Work request => Read through the listing below, and copy every line where the string "proofs" appears.

Records for the exercise =>
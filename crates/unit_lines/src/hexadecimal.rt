// Lower-case hexadecimal: two digits a byte, the higher first.
ghost use Rattle.std.specs.Prelude.{◌≡◌};
ghost use Rattle.unit_lines.specs.Answers.{Reads};
ghost use Rattle.unit_lines.specs.Hexadecimal.{digit_of, byte_of, hex_bytes};

use crate::error::LineError;

// Not by `to_digit`, which takes capitals too.
fn digit_of(character: u8) -> Option<u8>
    ensures { result ≡ digit_of character }
{
    match character {
        b'0'..=b'9' => Some(character - b'0'),
        b'a'..=b'f' => Some(character - b'a' + 10),
        _ => None,
    }
}

// The byte that two digits stand for.
fn byte_of(pair: &[u8]) -> Option<u8>
    ensures { result ≡ byte_of pair.now }
{
    let [high, low] = pair else { return None };
    let high = digit_of(*high)?;
    let low = digit_of(*low)?;
    Some(16 * high + low)
}

// Puts the bytes of a text into `into`, in place of what it holds.
#[tactic(auto, using(crate::proofs::Pairs::first_pair, crate::proofs::Pairs::after_push))]
pub(crate) fn decode(text: &[u8], into: &mut Vec<u8>) -> Result<(), LineError>
    ensures { Reads result (hex_bytes text.now) (λ _. into.new.items) }
{
    into.clear();
    for pair in text.chunks(2) {
        let byte = byte_of(pair).ok_or(LineError::Unreadable)?;
        into.push(byte)?;
    }
    Ok(())
}
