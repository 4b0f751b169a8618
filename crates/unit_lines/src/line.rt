// The tables of one line, in memory that is used again from line to line.
ghost use Rattle.std.specs.Prelude.{◌≡◌, OnErr, vec_items};
ghost use Rattle.unit.specs.Bytes.{Bytes, map_tables, no_bytes, bytes_of};
ghost use Rattle.unit_lines.specs.Answers.{Reads};
ghost use Rattle.unit_lines.specs.Line.{line_tables};
ghost use Rattle.unit_lines.specs.Written.{ReadsItsOwnLine};

use crate::error::LineError;
use crate::fields::{read_field, take_field};
use std::alloc::Global;
use std::marker::Model;
use unit::unit_tables::Tables;

#[derive(Drop)]
pub struct UnitLine {
    tables: Tables<Vec<u8>>,
}

// Seen from outside, a line's memory is the bytes that it holds.
impl Model for UnitLine {
    ghost Value = { Bytes };

    ghost view = { λ l. map_tables vec_items l.tables };
}

impl UnitLine {
    // Here and below each of the ten stands by its name, so that a field of the line meets its table by name and not by number; one method for
    // all ten would have the same list.
    pub fn new(heap: Global) -> UnitLine
        ensures { result ≡ no_bytes }
    {
        UnitLine {
            tables: Tables {
                word_bytes: Vec::new(heap),
                words: Vec::new(heap),
                identifiers: Vec::new(heap),
                places: Vec::new(heap),
                functions: Vec::new(heap),
                blocks: Vec::new(heap),
                phis: Vec::new(heap),
                instructions: Vec::new(heap),
                declared: Vec::new(heap),
                steps: Vec::new(heap),
            },
        }
    }

    fn clear(&mut self)
        ensures { self.new ≡ no_bytes }
    {
        self.tables.word_bytes.clear();
        self.tables.words.clear();
        self.tables.identifiers.clear();
        self.tables.places.clear();
        self.tables.functions.clear();
        self.tables.blocks.clear();
        self.tables.phis.clear();
        self.tables.instructions.clear();
        self.tables.declared.clear();
        self.tables.steps.clear();
    }

    fn fill(&mut self, line: &[u8]) -> Result<(), LineError>
        ensures { Reads result (line_tables line.now) (λ _. self.new) }
    {
        let rest = take_field(line, &mut self.tables.word_bytes)?;
        let rest = take_field(rest, &mut self.tables.words)?;
        let rest = take_field(rest, &mut self.tables.identifiers)?;
        let rest = take_field(rest, &mut self.tables.places)?;
        let rest = take_field(rest, &mut self.tables.functions)?;
        let rest = take_field(rest, &mut self.tables.blocks)?;
        let rest = take_field(rest, &mut self.tables.phis)?;
        let rest = take_field(rest, &mut self.tables.instructions)?;
        let rest = take_field(rest, &mut self.tables.declared)?;
        read_field(rest, &mut self.tables.steps)
    }

    // Takes over the tables of a line; where it gives none, all ten are empty.
    pub fn read(&mut self, line: &[u8]) -> Result<(), LineError>
        ensures tables { Reads result (line_tables line.now) (λ _. self.new) }
        ensures own { ReadsItsOwnLine line.now }
        ensures emptied { OnErr result (self.new ≡ no_bytes) }
    {
        // Not by `inspect_err`: a proof knows nothing of what a closure wrote through `self`.
        let done = self.fill(line);
        if done.is_err() {
            self.clear();
        }
        done
    }

    pub fn tables(&self) -> Tables<&[u8]>
        ensures { bytes_of result ≡ self.now }
    {
        Tables {
            word_bytes: &self.tables.word_bytes,
            words: &self.tables.words,
            identifiers: &self.tables.identifiers,
            places: &self.tables.places,
            functions: &self.tables.functions,
            blocks: &self.tables.blocks,
            phis: &self.tables.phis,
            instructions: &self.tables.instructions,
            declared: &self.tables.declared,
            steps: &self.tables.steps,
        }
    }
}
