// The fields of a line, each a table.
ghost use Rattle.std.specs.Prelude.{◌≡◌, ◌==◌, position};
ghost use Rattle.std.specs.Option.{option_map};
ghost use Rattle.unit_lines.specs.Answers.{Reads};
ghost use Rattle.unit_lines.specs.Fields.{cut, parts, field_bytes, field_then};

use crate::error::LineError;
use crate::hexadecimal::decode;

fn first_space(text: &[u8]) -> Option<usize>
    ensures { result ≡ position (λ c. c == 32) text.now }
{
    text.iter().position(|character| *character == b' ')
}

// What stands before the first space and what stands behind it.
#[tactic(auto, using(crate::proofs::Cuts::cut_by_position, std::proofs::lemmas::List::take_rest))]
fn cut_at_space(text: &[u8]) -> Option<(&[u8], &[u8])>
    ensures { option_map parts result ≡ cut text.now }
{
    let at = first_space(text)?;
    Some((&text[..at], &text[at + 1..]))
}

// Puts the table that a field stands for into `into`. One character is no byte, so that it can only be the
// mark of an empty table.
pub(crate) fn read_field(field: &[u8], into: &mut Vec<u8>) -> Result<(), LineError>
    ensures { Reads result (field_bytes field.now) (λ _. into.new.items) }
{
    match field {
        [b'-'] => {
            into.clear();
            Ok(())
        }
        [] | [_] => Err(LineError::Unreadable),
        _ => decode(field, into),
    }
}

// Puts the table before the first space into `into`, and gives what stands behind it.
pub(crate) fn take_field<'a>(text: &'a [u8], into: &mut Vec<u8>) -> Result<&'a [u8], LineError>
    ensures { Reads result (field_then text.now) (λ rest. (into.new.items, rest.now)) }
{
    let (field, rest) = cut_at_space(text).ok_or(LineError::Unreadable)?;
    read_field(field, into)?;
    Ok(rest)
}
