// Why a line gives no unit.
ghost use Rattle.std.specs.Prelude.{◌≡◌};
ghost use Rattle.unit_lines.specs.declared.error.LineError.TheVariants.{Memory};

use std::alloc::AllocFailed;

#[derive(Clone, Copy, PartialEq, Eq, Debug)]
pub enum LineError {
    // The line is not ten fields, each a table.
    Unreadable,
    // There is no memory for its tables. An `AllocError` has one value, so that it is not carried.
    Memory,
}

// By hand, since clauses name this error and a derived `From` says nothing of it.
impl<T: Drop> From<AllocFailed<T>> for LineError {
    ghost from_gives = { λ _ e. e ≡ Memory };

    fn from(_: AllocFailed<T>) -> LineError {
        LineError::Memory
    }
}
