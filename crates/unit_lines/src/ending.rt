// The end of a line, as a file has it.
ghost use Rattle.std.specs.Prelude.{◌≡◌};
ghost use Rattle.unit_lines.specs.Ending.{without_last, line_text, IsTextOfLine};

fn without_last(text: &[u8], last: u8) -> &[u8]
    ensures { result.now ≡ without_last last text.now }
{
    text.strip_suffix(&[last]).unwrap_or(text)
}

// A line without its LF or CR LF.
pub fn line_text(line: &[u8]) -> &[u8]
    ensures text { result.now ≡ line_text line.now }
    ensures before_its_end { IsTextOfLine line.now result.now }
{
    without_last(without_last(line, b'\n'), b'\r')
}
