// A unit as one line of text: ten fields with one space between, each a table in lower-case hexadecimal.
// This crate knows how a unit is written and what the check answers, and nothing of where lines come from.
// It promises which tables a line stands for, and that any other line is called unreadable.
#![tactic(auto)]

pub mod ending;
pub mod error;
mod fields;
mod hexadecimal;
pub mod line;
pub mod outcome;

Result =>
#[tactic(auto, using(crate::proofs::Pairs::first_pair, crate::proofs::Pairs::after_push))]
#[tactic(auto, using(crate::proofs::Cuts::cut_by_position, std::proofs::lemmas::List::take_rest))]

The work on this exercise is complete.